If you want to create your own mesh… here is where you then start:
OK, Spherifying is this exact formula:
point = point.normalized
Thats it. It makes a Unit Sphere (a sphere 2 units across)
To make it into a radius… simply multiply it times the radius you need.
To make it “noisey” first, get the noise value based on two aspects. First, is the original point (point.normalized) and multiply that by the noiseScale. Now, simply multiply it times the noiseAmount and add the radius.
fin = radius + noise(x * noiseScale,y * noiseScale,z * noiseScale) * noiseAmount
Noise scale refers to the unit noise scale you are gathering from the modifier The bigger the number, the smaller the noise. Noise amount refers to the amount of noise that will appear on the surface.

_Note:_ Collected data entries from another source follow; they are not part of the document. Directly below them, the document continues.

//! A case whose entries and lines are kept before they are told.
ghost use Rattle.std.specs.Prelude.{◌≡◌, ◌⊎◌, ◌-◌, ◌^◌, ◌<◌, ◌∷◌, ◌++◌, [], ℕ, List, ◌↔◌, ◌+◌, Err, false, true, length, IsTrue, IfOk, OnOk, OnErr};
ghost use Rattle.std.specs.Result.{IsErrOf, is_err};
ghost use Rattle.std.specs.String.{string_bytes};
ghost use Rattle.hex.specs.Hex.{encode_lower};
ghost use Rattle.flow_ask.specs.declared.refusal.Refusal.TheVariants as refusal;
ghost use Rattle.std.specs.Coded.{Coded-set};
ghost use Rattle.flow_core.specs.Run.{run_code};
ghost use Rattle.flow_core.specs.Holding.{IsTakeable};
ghost use Rattle.flow_case.specs.CaseRun.{run_of, CaseAnswers};
ghost use Rattle.flow_keep.specs.Answered.{KeepAnswers, LeavesKept};
ghost use Rattle.flow_keep.specs.Records.{Keeps};
ghost use Rattle.flow_trail.specs.Lines.{Said, undone, remark, end_of, trail_text, Says};
ghost use Rattle.flow_trail.specs.declared.line.About.TheVariants as about;
ghost use Rattle.flow_trail.specs.Due.{Entered, Tells, IsOther, IsMissing};
ghost use Rattle.flow_case_cli.specs.Held as cli;
ghost use Rattle.flow_case_cli.specs.Line.{TellsEntry};
ghost use Rattle.flow_case_cli.specs.Asked.{TellsLine, IsToldFirst};
ghost use Rattle.flow_case.specs.declared.case_run.CaseRun.{CaseRun as RunOf};
ghost use Rattle.flow_case_begin.specs.Begun.{IsCaseOf};
ghost use Rattle.flow_case_book.specs.Texts.{policy_in};
ghost use Rattle.flow_case_book.specs.Due.{AreDueOf};

use crate::dues::dues;
use crate::names::Names;
use crate::opened::KeptTexts;
use flow_ask::{Answer, Ask, Refusal};
use flow_case::CaseRun;
use flow_case_begin::case_with;
use flow_case_cli::{Asker, Case};
use flow_case_talk::{Book, Form, Reply, Speaker, Told, respond};
use flow_core::Core;
use flow_disk::Disk;
use flow_names::{steps_to_take, tidy_steps, waits_for_step};
use flow_policy::Policy;
use flow_trail::{About, TrailLine, VerifyRefusal};
use std::alloc::{AllocError, Global};

/// A case with its texts, and its users by name.
#[derive(Drop)]
pub struct CaseBook<D: Disk, T: Disk> {
    pub(crate) alloc: Global,
    pub(crate) texts: KeptTexts,
    pub(crate) case: Case<D, T>,
    /// For each entry of the history, the line of the trail that tells it. It is shorter where memory was wanting.
    pub(crate) lines: Vec<usize>,
    pub(crate) names: Names,
    ghost of_texts: { (begun : RunOf) → IsCaseOf texts.workflow.items (policy_in texts) begun → run_of begun ≡ record (run_of (cli.case_of case)) { history = [] } } by { Prim.hlevel (Coded-set run_code) },
    ghost entry_faults: { cli.is_broken case ≡ false → D.faults (cli.keep_disk case) < 2 ^ 64 - 1 },
    ghost line_faults: { cli.is_broken case ≡ false → T.faults (cli.trail_disk case) < 2 ^ 64 - 1 },
}

/// Whether a claim on the leaf may be given now.
fn may_take(core: &Core, leaf: u32) -> bool
    ensures { IsTrue result ↔ IsTakeable core.now leaf }
{
    core.may_take(leaf).is_ok()
}

/// Notes the line that tells the last entry, where one came.
fn note_line(lines: &mut Vec<usize>, before: usize, count: usize, line: usize) {
    if before < count && lines.len() == before {
        let _ = lines.push(line);
    }
}

impl<D: Disk, T: Disk> CaseBook<D, T> {
    ghost use Rattle.flow_case_book.specs.Held.{case_of, keep_disk, trail_disk, start_of, said_in, is_broken, names_in, kept_of, is_tidied, is_open};
    ghost use Rattle.flow_case_book.specs.People.{IsNumberOf};
    ghost use Rattle.flow_record.specs.Words.{words_of};
    ghost use Rattle.flow_names.specs.Grammar.{said_by};
    ghost use Rattle.flow_case_talk.specs.Means.{LineMeans, LineBegins};

    /// Replies to a line. When it returns, each entry that the case has is on the disk, and the line that tells it.
    #[tactic(auto, using(flow_case_talk::proofs::PlanLemmas::line_stays))]
    pub fn reply(&mut self, asker: Asker<'_>, line: &[u8], form: Form) -> Result<Reply, AllocError>
        ensures entries { D.tells → is_broken self.new ≡ false → (c : List ℕ) → D.image (keep_disk self.new) (D.moment (keep_disk self.new)) c →
            Keeps (run_of (case_of self.new)).history c }
        ensures lines { T.tells → is_broken self.new ≡ false → (c : List ℕ) → T.image (trail_disk self.new) (T.moment (trail_disk self.new)) c →
            Says (start_of self.new) (said_in self.new) c }
        ensures told { is_broken self.new ≡ false → (end_of (start_of self.new) (said_in self.new)).count ≡ length (run_of (case_of self.new)).history }
        // the entries are those of what the line means, by its speaker
        ensures means { IfOk result (λ reply. (by : ℕ) × IsNumberOf (is_open self.old) (names_in self.old) asker.entry.name.now by
            × LineMeans (is_tidied self.old) by (kept_of self.old) (said_by (words_of line.now)) reply.outcome (kept_of self.new)) }
        ensures begins { OnErr result ((by : ℕ) × LineBegins by (kept_of self.old) (said_by (words_of line.now)) (kept_of self.new)) }
    {
        let known = self.names.count() as usize;
        let before = self.core().history().len();
        let speaker = Speaker {
            number: self.names.number_of(self.alloc, asker.name)?,
            name: asker.name,
            at: asker.at,
            note: asker.note,
        };
        let reply = respond(self.alloc, self, speaker, line, form);
        if self.core().history().len() == before {
            // users are numbered as they first make an entry
            self.names.forget(known);
        }
        reply
    }

    /// The last seal of the trail, in hexadecimal.
    pub fn seal(&self, alloc: Global) -> Result<String, AllocError>
        ensures { IfOk result (λ text. string_bytes text ≡ encode_lower (end_of (start_of self.now) (said_in self.now)).seal) }
    {
        hex::encode(alloc, &self.case.trail().end().seal)
    }

    /// How many bytes the lines of the trail take.
    pub fn trail_bytes(&self) -> u64
        ensures { result ≡ length (trail_text (start_of self.now) (said_in self.now)) }
    {
        self.case.trail().bytes()
    }

    /// Whether the lines of the trail tell just the entries of the history, in order: by whom each was made, its step, and its task.
    pub fn verify(&self) -> Result<(), VerifyRefusal>
        ensures whole { OnOk result ((due : List Entered) × AreDueOf (names_in self.now) (run_of (case_of self.now)) due
            × Tells (start_of self.now) (said_in self.now) due) }
        ensures no_bad_line { (line : ℕ) → ¬ (IsErrOf result (VerifyRefusal.BadLine line)) }
        ensures other { (line : ℕ) → IsErrOf result (VerifyRefusal.Other line) →
            (due : List Entered) × AreDueOf (names_in self.now) (run_of (case_of self.now)) due × IsOther (said_in self.now) due line }
        ensures missing { (entry : ℕ) → IsErrOf result (VerifyRefusal.Missing entry) →
            (due : List Entered) × AreDueOf (names_in self.now) (run_of (case_of self.now)) due × IsMissing (said_in self.now) due entry }
    {
        match dues(self.alloc, self.case.run().core(), &self.names) {
            Ok(dues) => self.case.trail().check(&dues),
            Err(AllocError) => Err(VerifyRefusal::NoMemory),
        }
    }

    /// Notes that the case goes on with the entries of another, whose trail ended by that seal. The run stays as it is.
    #[tactic(auto, using(crate::proofs::BookLemmas::same_begun))]
    pub fn tell_move(&mut self, seal: &str, asker: Asker<'_>) -> Result<(), Refusal>
        ensures broken { (result ≡ Err refusal.Broken) ↔ (is_broken self.old ≡ true) }
        ensures refused { is_broken self.old ≡ false → is_broken self.new ≡ is_err result }
        ensures run { case_of self.new ≡ case_of self.old }
        ensures keep { keep_disk self.new ≡ keep_disk self.old }
        ensures start { start_of self.new ≡ start_of self.old }
        ensures told { length (run_of (case_of self.old)).history < 2 ^ 32 → is_broken self.old ≡ false → TellsLine T.tells T.moment T.image (start_of self.old) (said_in self.old)
            (remark about.Moved seal.now (length (run_of (case_of self.old)).history) asker.entry.name.now asker.entry.at.now) (trail_disk self.old) (trail_disk self.new) (said_in self.new) (is_broken self.new) }
    {
        let entries = u32::try_from(self.case.run().core().history().len()).unwrap_or(u32::MAX);
        self.case
            .remark(self.alloc, About::Moved, seal, entries, asker)
    }

    /// Another run with the same history, which is not kept.
    #[tactic(auto, using(crate::proofs::BookLemmas::twin_run))]
    fn twin(&self, alloc: Global) -> Result<CaseRun, AllocError>
        ensures { IfOk result (λ twin. run_of twin ≡ run_of (case_of self.now)) }
    {
        match case_with(alloc, self.texts.lent(), self.case.run().core().history()) {
            Ok(twin) => Ok(twin),
            Err(stop) => {
                drop(stop);
                Err(AllocError)
            }
        }
    }
}

impl<D: Disk, T: Disk> Book for CaseBook<D, T> {
    ghost use Rattle.flow_case_book.specs.Held.{case_of, keep_disk, trail_disk, start_of, said_in, is_broken, kept_of, is_tidied};
    ghost use Rattle.flow_case_talk.specs.Means.{IsAnswered};

    ghost kept_case = { kept_of };

    ghost tidied = { is_tidied };

    fn path(&self) -> &str {
        self.texts.path.as_str()
    }

    fn core(&self) -> &Core
        ensures { result.now ≡ run_of (case_of self.now) }
    {
        self.case.run().core()
    }

    fn workflow_text(&self) -> &[u8] {
        self.texts.lent().workflow
    }

    fn policy_text(&self) -> Option<&[u8]> {
        self.texts.lent().policy
    }

    fn policy(&self) -> Option<&Policy> {
        match self.case.run() {
            CaseRun::Free(_) => None,
            CaseRun::UnderPolicy(ruled) => Some(ruled.policy()),
        }
    }

    fn users(&self) -> u32 {
        self.names.count()
    }

    fn user_name(&self, number: u32) -> &str {
        self.names.name_of(number)
    }

    fn is_final(&self, event: u32) -> bool {
        match self.case.run() {
            CaseRun::Free(_) => false,
            CaseRun::UnderPolicy(ruled) => ruled.rules().is_final(event),
        }
    }

    fn may_step_back(&self, user: u32) -> bool {
        match self.case.run() {
            CaseRun::Free(_) => true,
            CaseRun::UnderPolicy(ruled) => ruled.rules().may_step_back(user),
        }
    }

    fn is_tidied(&self) -> bool {
        self.texts.tidied
    }

    fn told(&self, place: usize) -> Option<Told<'_>> {
        let line = self.lines.get(place)?;
        match self.case.trail().lines().get(*line)? {
            TrailLine::Told(telling) => Some(Told {
                at: telling.at.as_str(),
                by: telling.by.as_str(),
                note: telling.note.as_str(),
            }),
            _ => None,
        }
    }

    #[tactic(auto, using(crate::proofs::BookLemmas::same_begun))]
    fn look_ahead(&mut self) {
        self.case.look_ahead();
    }

    #[tactic(auto, using(crate::proofs::BookLemmas::takeable_now, crate::proofs::BookLemmas::none_before, crate::proofs::BookLemmas::steps_of_twin, crate::proofs::BookLemmas::same_begun))]
    fn steps_to_take(&mut self, alloc: Global, leaf: u32, by: u32) -> Result<Vec<u32>, AllocError> {
        self.case.look_ahead();
        if may_take(self.core(), leaf) {
            return Ok(Vec::new(alloc));
        }
        if !waits_for_step(self.core(), leaf) {
            return Ok(Vec::new(alloc));
        }
        let mut twin = self.twin(alloc)?;
        let steps = steps_to_take(alloc, &mut twin, leaf, by);
        drop(twin);
        steps
    }

    #[tactic(auto, using(crate::proofs::BookLemmas::tidy_of_twin, crate::proofs::BookLemmas::same_begun))]
    fn tidy_steps(&mut self, alloc: Global, by: u32) -> Result<Vec<u32>, AllocError> {
        let mut twin = self.twin(alloc)?;
        let steps = tidy_steps(alloc, &mut twin, by);
        drop(twin);
        steps
    }

    fn is_ticked_off(&self, done: usize) -> bool {
        let number = (done as u64).saturating_add(1);
        self.case.trail().lines().iter().any(|line| match line {
            TrailLine::Remark(remark) => {
                remark.about == About::Undone && u64::from(remark.entry) == number
            }
            _ => false,
        })
    }

    /// Ticks off the task that the entry at the place did, which is undone outside. The run stays as it is.
    #[tactic(auto, using(crate::proofs::BookLemmas::same_begun))]
    fn tick_off(&mut self, task: &str, done: usize, speaker: Speaker<'_>) -> Result<(), Refusal>
        ensures broken { (result ≡ Err refusal.Broken) ↔ (is_broken self.old ≡ true) }
        ensures refused { is_broken self.old ≡ false → is_broken self.new ≡ is_err result }
        ensures run { case_of self.new ≡ case_of self.old }
        ensures keep { keep_disk self.new ≡ keep_disk self.old }
        ensures start { start_of self.new ≡ start_of self.old }
        ensures told { done + 1 < 2 ^ 32 → is_broken self.old ≡ false → TellsLine T.tells T.moment T.image (start_of self.old) (said_in self.old)
            (undone task.now (done + 1) speaker.entry.name.now speaker.entry.at.now) (trail_disk self.old) (trail_disk self.new) (said_in self.new) (is_broken self.new) }
    {
        let entry = u32::try_from(done).unwrap_or(u32::MAX).saturating_add(1);
        let asker = Asker {
            name: speaker.name,
            at: speaker.at,
            note: speaker.note,
        };
        self.case.tick(self.alloc, task, entry, asker)
    }

    /// Asks the case one thing. The entry that comes of it is told on the trail, then kept, and only then answered.
    #[tactic(auto, using(crate::proofs::BookLemmas::asked_begun))]
    fn ask(&mut self, ask: Ask, speaker: Speaker<'_>) -> Answer
        ensures answer { KeepAnswers run_of CaseAnswers (is_broken self.old) (case_of self.old) ask speaker.entry.number result (is_broken self.new) (case_of self.new) }
        ensures answered { IsAnswered (kept_of self.old) ask speaker.entry.number result (kept_of self.new) }
        ensures start { start_of self.new ≡ start_of self.old }
        // where no entry comes, nothing is written
        ensures idle { run_of (case_of self.new) ≡ run_of (case_of self.old) →
            (keep_disk self.new ≡ keep_disk self.old) × (trail_disk self.new ≡ trail_disk self.old) × (said_in self.new ≡ said_in self.old) }
        // where one comes, the trail tells it, and then the run is kept
        ensures told { is_broken self.old ≡ false → (run_of (case_of self.new) ≡ run_of (case_of self.old)) ⊎ ((said : Said)
            × (is_broken self.new ≡ false → TellsEntry (run_of (case_of self.old)) ask speaker.entry.number (run_of (case_of self.new))
            (record { name = speaker.entry.name; at = speaker.entry.at; note = speaker.entry.note }) said)
            × TellsLine T.tells T.moment T.image (start_of self.old) (said_in self.old) said (trail_disk self.old) (trail_disk self.new) (said_in self.new) (is_broken self.new)
            × IsToldFirst T.tells T.moment T.image (start_of self.old) (said_in self.old) said (keep_disk self.old) (keep_disk self.new) (trail_disk self.new)) }
        ensures kept { LeavesKept D.tells D.moment D.image D.seen D.chosen (run_of (case_of self.old)) (run_of (case_of self.new))
            (keep_disk self.old) (keep_disk self.new) (is_broken self.old) (is_broken self.new) }
    {
        let before = self.case.run().core().history().len();
        let line = self.case.trail().lines().len();
        let asker = Asker {
            name: speaker.name,
            at: speaker.at,
            note: speaker.note,
        };
        let answer = self.case.ask(self.alloc, ask, speaker.number, asker);
        let count = self.case.run().core().history().len();
        note_line(&mut self.lines, before, count, line);
        answer
    }
}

OK, now here is where we have our trouble. The final result of a “normal” cube with segments is that the edges are compressed because there is nothing there to absorb the deformation from the spherification process. So the middle points, are closer to the sphere than the outer points. And so, move less. The ourter points are compressed to match the sphere.
Now, the mathematical formula that has been provided here, does not work. As a matter of fact it is a spherification formula. You actually have more than a few factors that go into modding out. I wound up tinkering with many different formulas, trying to use Sin or Cos to gather up the nodes, none of it worked. What I eventually did was to go back to an old standby. An AnimationCurve! This handy little gadget allows you to play with numbers and convert them into a curved representation of themselves. In this case, I had a series of numbers that were from -0.5 to 0.5, so all I had to do was to use my AnimationCurve and get a new X or Y that would stretch certain parts out, making them more compatible with my needs.
The AnimationCurve that I used is attached.
And no, the previous method that I suggested, never worked.
So, as you can see by the attachments, it is rather flexible. I am sure it could be made better though.